The world of biomaterials is really still in its infancy within the plastics industry. Currently, most biopolymers on the market are intended to replace commodity grade plastics, such as polystyrene or polyethylene, though there are some materials which are being developed for engineering grade applications, as well. Additionally, there is a great deal of time and money being spent to further this market and increase the material selection currently available. However, for those who aren’t already familiar with the materials, some of the terminologies used to classify biopolymers can be somewhat ambiguous. Words like “bio-based” or “bio-degradable” might sound alike, but they do not necessarily mean the same thing. So, if you’re in the market for a green material solution for your injection molding project or even if you’re just a bit confused by an existing product’s marketing terminology, here are some quick definitions to help you navigate basic biopolymer properties:

Bio-degradable- This is the most commonly misinterpreted term. Biodegradable means that a material will break down into biologically useful components in natural environments, without pressure or high heats. This means that a biodegradable material will, theoretically, dissolve on the side of the road, on a forest floor, or at the bottom of a lake.
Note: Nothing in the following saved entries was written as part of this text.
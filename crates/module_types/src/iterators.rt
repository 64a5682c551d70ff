//! The iterators over a list of interned types.

ghost use Rattle.std.specs.Prelude.{◌≡◌};
ghost use Rattle.std.specs.Iterator.{YieldsFirst, item_count};

use entity_map::{EntityRef, PrimaryIter};
use std::marker::Model;
use std::ops::Range;
use wasm_index::{ModuleInternedRecGroupIndex, ModuleInternedTypeIndex};

/// Each group with the range of its indices, in order.
#[derive(Drop)]
pub struct RecGroups<'a> {
    pub(crate) groups: PrimaryIter<'a, ModuleInternedRecGroupIndex, Range<ModuleInternedTypeIndex>>,
}

impl<'a> Model for RecGroups<'a> {
    ghost use Rattle.std.specs.Prelude.{List};
    ghost use Rattle.std.specs.declared.ops.Range.{Range};
    ghost use Rattle.wasm_index.specs.declared.index.Index.{Index};
    ghost use Rattle.wasm_index.specs.declared.spaces.ModuleInternedRecGroupSpace.{ModuleInternedRecGroupSpace};
    ghost use Rattle.module_types.specs.Views.{TypeIndex};

    ghost Value = { List (Index ModuleInternedRecGroupSpace × Range TypeIndex) };

    ghost view = { λ it. it.groups };
}

impl<'a> Iterator for RecGroups<'a> {
    type Item = (ModuleInternedRecGroupIndex, Range<ModuleInternedTypeIndex>);

    ghost next_gives = { YieldsFirst (λ left. left) };

    ghost remaining = { item_count (λ left. left) };

    fn next(&mut self) -> Option<(ModuleInternedRecGroupIndex, Range<ModuleInternedTypeIndex>)> {
        match self.groups.next() {
            Some((index, range)) => Some((index, range.start..range.end)),
            None => None,
        }
    }
}

/// The indices of one group, in order.
#[derive(Drop)]
pub struct RecGroupElements {
    pub(crate) next: u32,
    pub(crate) end: u32,
}

impl Model for RecGroupElements {
    ghost use Rattle.std.specs.Prelude.{◌-◌, List, map};
    ghost use Rattle.std.specs.List.{range_with_len};
    ghost use Rattle.wasm_index.specs.Index.{index_of};
    ghost use Rattle.module_types.specs.Views.{TypeIndex};

    ghost Value = { List TypeIndex };

    ghost view = { λ it. map index_of (range_with_len it.next (it.end - it.next)) };
}

impl Iterator for RecGroupElements {
    type Item = ModuleInternedTypeIndex;

    ghost next_gives = { YieldsFirst (λ left. left) };

    ghost remaining = { item_count (λ left. left) };

    #[tactic(auto, using(crate::proofs::Elements::in_turn))]
    fn next(&mut self) -> Option<ModuleInternedTypeIndex> {
        if self.next >= self.end {
            return None;
        }
        let index = ModuleInternedTypeIndex::from_u32(self.next);
        self.next += 1;
        Some(index)
    }
}

/// Each function type that has a trampoline, with the trampoline's index, in index order.
#[derive(Drop)]
pub struct TrampolineTypes<'a> {
    pub(crate) rest: &'a [Option<ModuleInternedTypeIndex>],
    // The number of the first of `rest`.
    pub(crate) next: u32,
}

impl<'a> Model for TrampolineTypes<'a> {
    ghost use Rattle.std.specs.Prelude.{◌+◌, ◌≤◌, List, length};
    ghost use Rattle.module_types.specs.Views.{TypeIndex};
    ghost use Rattle.module_types.specs.TypeList.{called_from};

    ghost Value = { List (TypeIndex × TypeIndex) };

    ghost view = { λ it. called_from it.next it.rest.now };

    ghost invariant = { λ it. it.next + length it.rest.now ≤ 4294967295 };
}

impl<'a> Iterator for TrampolineTypes<'a> {
    type Item = (ModuleInternedTypeIndex, ModuleInternedTypeIndex);

    ghost next_gives = { YieldsFirst (λ left. left) };

    ghost remaining = { item_count (λ left. left) };

    fn next(&mut self) -> Option<(ModuleInternedTypeIndex, ModuleInternedTypeIndex)> {
        while let Some((first, others)) = self.rest.split_first() {
            let index = ModuleInternedTypeIndex::from_u32(self.next);
            self.rest = others;
            self.next += 1;
            if let Some(trampoline) = *first {
                return Some((index, trampoline));
            }
        }
        None
    }
}
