//! The mapped types that were recorded, found by their digests and compared in the list of types.

ghost use Rattle.std.specs.Prelude.{◌≡◌, [], List, Some, OnOk};
ghost use Rattle.wasm_types.specs.declared.sub.WasmSubType.{WasmSubType};
ghost use Rattle.wasm_types.specs.declared.func.WasmFuncType.{WasmFuncType};
ghost use Rattle.wasm_types.specs.Trampolines.{trampoline_of};
ghost use Rattle.wasm_types.specs.Views.{func_in};
ghost use Rattle.module_types.specs.TypeParts.{part_at};
ghost use Rattle.module_types.specs.MappedTypes.{digest_of, newest_of, mapped_at, AreFoundByDigest, IsNoted};

use crate::list::ModuleTypes;
use crate::mapped::is_mapped;
use crate::passed::feed;
use entity_map::{OutOfMemory, Seeded};
use std::alloc::Global;
use std::collections::HashMap;
use std::hash::{BuildHasher, Hasher};
use wasm_index::ModuleInternedTypeIndex;
use wasm_types::WasmFuncType;

/// A recorded function type, by its index in a list of types.
#[derive(Clone, Copy)]
pub(crate) struct MappedType {
    pub(crate) ty: ModuleInternedTypeIndex,
    /// How many were recorded up to the previous one with the same digest, or 0.
    pub(crate) before: u32,
}

/// The recorded function types: each by its index in a list of types, so that none is kept twice.
/// Those of one digest are chained, from the newest on.
#[derive(Drop)]
pub(crate) struct MappedTypes {
    pub(crate) hasher: Seeded,
    /// How many were recorded up to the newest of each digest.
    pub(crate) newest: HashMap<u64, u32, Seeded>,
    pub(crate) types: Vec<MappedType>,
}

impl MappedTypes {
    /// No type is recorded. Digests begin from the seed.
    pub(crate) fn new(alloc: Global, seed: u64) -> MappedTypes
        ensures none { result.types.items ≡ [] }
        ensures linked { (types : List WasmSubType) → AreFoundByDigest types result }
    {
        let hasher = Seeded::new(seed);
        MappedTypes {
            hasher,
            newest: HashMap::with_hasher(alloc, hasher),
            types: Vec::new(alloc),
        }
    }

    /// The digest of a function type, which is that of its mapped type.
    pub(crate) fn digest(&self, func: &WasmFuncType) -> u64
        ensures { result ≡ digest_of self.now.hasher (trampoline_of func.now) }
    {
        let mut hasher = self.hasher.build_hasher();
        feed(&mut hasher, func.params());
        feed(&mut hasher, func.results());
        hasher.finish()
    }

    /// The index of the mapped type of a function type of this digest, if it was recorded.
    pub(crate) fn find(
        &self,
        list: &ModuleTypes,
        digest: u64,
        func: &WasmFuncType,
    ) -> Option<ModuleInternedTypeIndex>
        requires linked { AreFoundByDigest list.now.types self.now }
        requires digest { digest ≡ digest_of self.now.hasher (trampoline_of func.now) }
        ensures { result ≡ mapped_at list.now.types self.now (trampoline_of func.now) }
    {
        let mut left = self.newest.get(&digest).copied().unwrap_or(0);
        while left > 0 {
            let recorded = self.types[left as usize - 1];
            if is_mapped(func, list[recorded.ty].composite_type.inner.unwrap_func()) {
                return Some(recorded.ty);
            }
            left = recorded.before;
        }
        None
    }

    /// Records a function type of this digest, which was not recorded before and is at an index.
    pub(crate) fn note(
        &mut self,
        digest: u64,
        ty: ModuleInternedTypeIndex,
    ) -> Result<(), OutOfMemory>
        ensures { OnOk result ((types : List WasmSubType) (f : WasmFuncType) → AreFoundByDigest types self.old → part_at func_in types ty ≡ Some f
            → digest ≡ digest_of self.old.hasher f → IsNoted types self.old self.new f ty) }
    {
        // A list has fewer types, and none is recorded twice, so this never happens.
        let count = self.types.len() + 1;
        if count > u32::MAX as usize {
            return Err(OutOfMemory);
        }
        let before = self.newest.insert(digest, count as u32)?.unwrap_or(0);
        self.types.push(MappedType { ty, before })?;
        Ok(())
    }
}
Compostable- This means that a material can be broken down in the presence of oxygen, heat, and pressure into components which will be biologically useful. Keep in mind that these materials can be produced with varying degrees of compostability—some materials might be able to break down in a consumer’s small compost pile at home, while others may need to be processed in an industrial composting facility using high heat and pressure in order to break down properly.

Bio-based- This means that the material was produced using renewable sources of plant matter (such as potato or corn starch), as opposed to petroleum products. Bio-based materials may or may not be biodegradable or compostable.

As the popularity of biomaterials increases, new and improved products will become available on the market offering properties comparable to current petroleum based engineering grade plastics.